Comparing the RMSEs of the three different noise ratio settings with \(\sigma _{it} / |\mu _{it}| = 0.1\), 0.5, and 1, respectively. The SEs of the RMSEs are very small compared to the RMSEs.

Conclusion

Unlike other studies, this study did not attempt to correlate wastewater virus concentrations with clinical cases6,7. Clinical surveillance has its own biases (e.g., under-reporting when prevalence is high, changing testing guidelines) and may not always be considered as an appropriate gold standard with which to compare wastewater signals. Here, we focused on exploiting exclusively the information provided by the viral concentration in wastewater along with other covariates (e.g., sample temperature, influent volume).

Relying exclusively on wastewater-based data has drawbacks because many additional factors can influence the observed virus concentrations in the WWTP samples (e.g., dilution due to rainfall or snowmelt, sample deterioration during transport, pollutants shed in wastewater affecting the RNA decay, presence of bioflim in sewer system, etc.). We currently have no access to these information in this nationwide study. However, in periods of high prevalence that overwhelm traditional clinical surveillance, wastewater-based data may be among the only data sources that can provide relatively reliable information about the state of the epidemic (as many experienced during the Omicron wave in late 2021/early 2022).

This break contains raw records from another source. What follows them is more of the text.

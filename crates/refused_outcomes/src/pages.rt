//! Pages that are refused by their content.

ghost use Rattle.refused_outcomes.specs.FittingPages.{OtherPagesAreUnfit, RefusedPageFits};
ghost use Rattle.refused_outcomes.specs.RefusedPages.{PagesAreRefused};

/// A planning whose second page is out of order asks what it needs where that page is said to be refused, and not where
/// none or another one is, nor where something is asked behind it. A page in order is not to be called refused. A
/// command that ends by a local fault before it needs anything asks nothing.
pub fn refused_pages()
    ensures { PagesAreRefused }
{}

/// A planning that lists two pages read a second page that repeats the key of the first, and refused it. The honest
/// trace of a service that lists two keys, each on a page of its own, fits that run. It does not where the run is said
/// to have refused no page, or another one.
pub fn fitting_pages()
    ensures met { RefusedPageFits }
    ensures refused { OtherPagesAreUnfit }
{}
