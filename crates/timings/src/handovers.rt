//! Jobs that cost nothing, handed to workers and back.

ghost use Rattle.std.specs.Prelude.{◌≡◌, ◌<◌, ◌≤◌, IfOk, length, vec_len};
ghost use Rattle.bounded_executor.specs.Desk.{SameDesk, all_out};

use bounded_executor::{Boss, Desk, Worker, with_workers};
use std::alloc::{AllocError, Global};
use std::sync::Wait;
use std::thread::Threads;

/// How many jobs a lane holds.
const DEPTH: u32 = 16;

#[derive(Drop)]
struct Echo;

impl Worker for Echo {
    type Job = u64;

    type Done = u64;

    ghost carries = { λ before job done after. done ≡ job };

    fn carry(&mut self, job: u64) -> u64 {
        job
    }
}

/// Gives the jobs below `jobs` to the lanes in turn, takes an outcome where a lane refuses, and adds the outcomes up.
#[derive(Drop)]
struct InTurn {
    jobs: u64,
    sum: u64,
}

fn take_one<R: Wait>(rt: &R, desk: &mut Desk<Echo>, sum: &mut u64)
    ensures { SameDesk desk.old desk.new }
{
    if desk.out() > 0 {
        *sum = sum.wrapping_add(desk.take(rt).1);
    }
}

fn take_all<R: Wait>(rt: &R, desk: &mut Desk<Echo>, sum: &mut u64)
    ensures same_desk { SameDesk desk.old desk.new }
    ensures none_out { all_out desk.new ≡ 0 }
{
    for _ in rt.forever() {
        if desk.out() == 0 {
            return;
        }
        take_one(rt, desk, sum);
    }
}

fn give<R: Wait>(rt: &R, desk: &mut Desk<Echo>, lane: u32, job: u64, sum: &mut u64)
    requires { lane < length desk.old.lanes }
    ensures { SameDesk desk.old desk.new }
{
    let mut job = job;
    for _ in rt.forever() {
        match desk.give(lane, job) {
            Ok(()) => return,
            Err(back) => job = back,
        }
        take_one(rt, desk, sum);
    }
}

impl Boss<Echo> for InTurn {
    ghost may_direct = { λ boss lanes depth. 1 ≤ lanes };

    ghost directs = { λ before lanes after. Unit {0} };

    fn direct<R: Wait>(&mut self, rt: &R, desk: &mut Desk<Echo>) {
        let lanes = u64::from(desk.lanes());
        for job in 0..self.jobs {
            give(rt, desk, (job % lanes) as u32, job, &mut self.sum);
        }
        take_all(rt, desk, &mut self.sum);
    }
}

fn echoes(alloc: Global, count: u32) -> Result<Vec<Echo>, AllocError>
    ensures { IfOk result (λ workers. vec_len workers ≡ count) }
{
    let mut workers = Vec::new(alloc);
    for _made in 0..count {
        workers.push(Echo)?;
    }
    Ok(workers)
}

/// The sum of the outcomes, or none where there are not 1 to 65,535 lanes.
pub(crate) fn hand_over<R: Threads + Wait + Clone + Send + Drop + 'static>(
    rt: &R,
    alloc: Global,
    lanes: u32,
    jobs: u64,
) -> Result<Option<u64>, AllocError> {
    if lanes == 0 || lanes > 65_535 {
        return Ok(None);
    }
    let mut workers = echoes(alloc, lanes)?;
    let mut boss = InTurn { jobs, sum: 0 };
    with_workers(rt, alloc, &mut workers, DEPTH, &mut boss)?;
    Ok(Some(boss.sum))
}
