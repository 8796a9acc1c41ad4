//! A pattern that is read, and matched with a path, again and again.

use path_filters::Pattern;
use s3_model::OutOfMemory;
use std::alloc::Global;
use std::hint::black_box;

/// How often the pattern was read.
pub(crate) fn read_again(alloc: Global, text: &str, rounds: u32) -> Result<u32, OutOfMemory> {
    let mut reads: u32 = 0;
    for _ in 0..rounds {
        Pattern::read(alloc, black_box(text))?;
        reads = reads.wrapping_add(1);
    }
    Ok(reads)
}

/// How often the path matched.
pub(crate) fn match_again(pattern: &Pattern, path: &str, rounds: u32) -> u32 {
    let mut matched: u32 = 0;
    for _ in 0..rounds {
        if pattern.matches(black_box(path)) {
            matched = matched.wrapping_add(1);
        }
    }
    matched
}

In this study, we focused on developing an framework to model the true concentration levels out of noisy and sparse observations. The proposed framework aims to answer the key question of whether an increase in the observed value indicates an actual increase in the true concentration level and if it can therefore provide accurate information on the disease burden in a community included in the catchment area of a given WWTP. For public health decision making in government agencies like PHAC, the ability to have a good grasp on dynamic COVID-19 pandemic trends is critical. The proposed framework is not only applicable to the current healthcare crisis, but it can also have broader impact on future wastewater-based epidemiology monitoring effort. As more and more resources are spent on collecting longitudinal wastewater data24, the proposed framework can be a perfect fit for such studies in terms of identifying and interpolating the true trajectory when researchers only have access to noisy and sparse observations.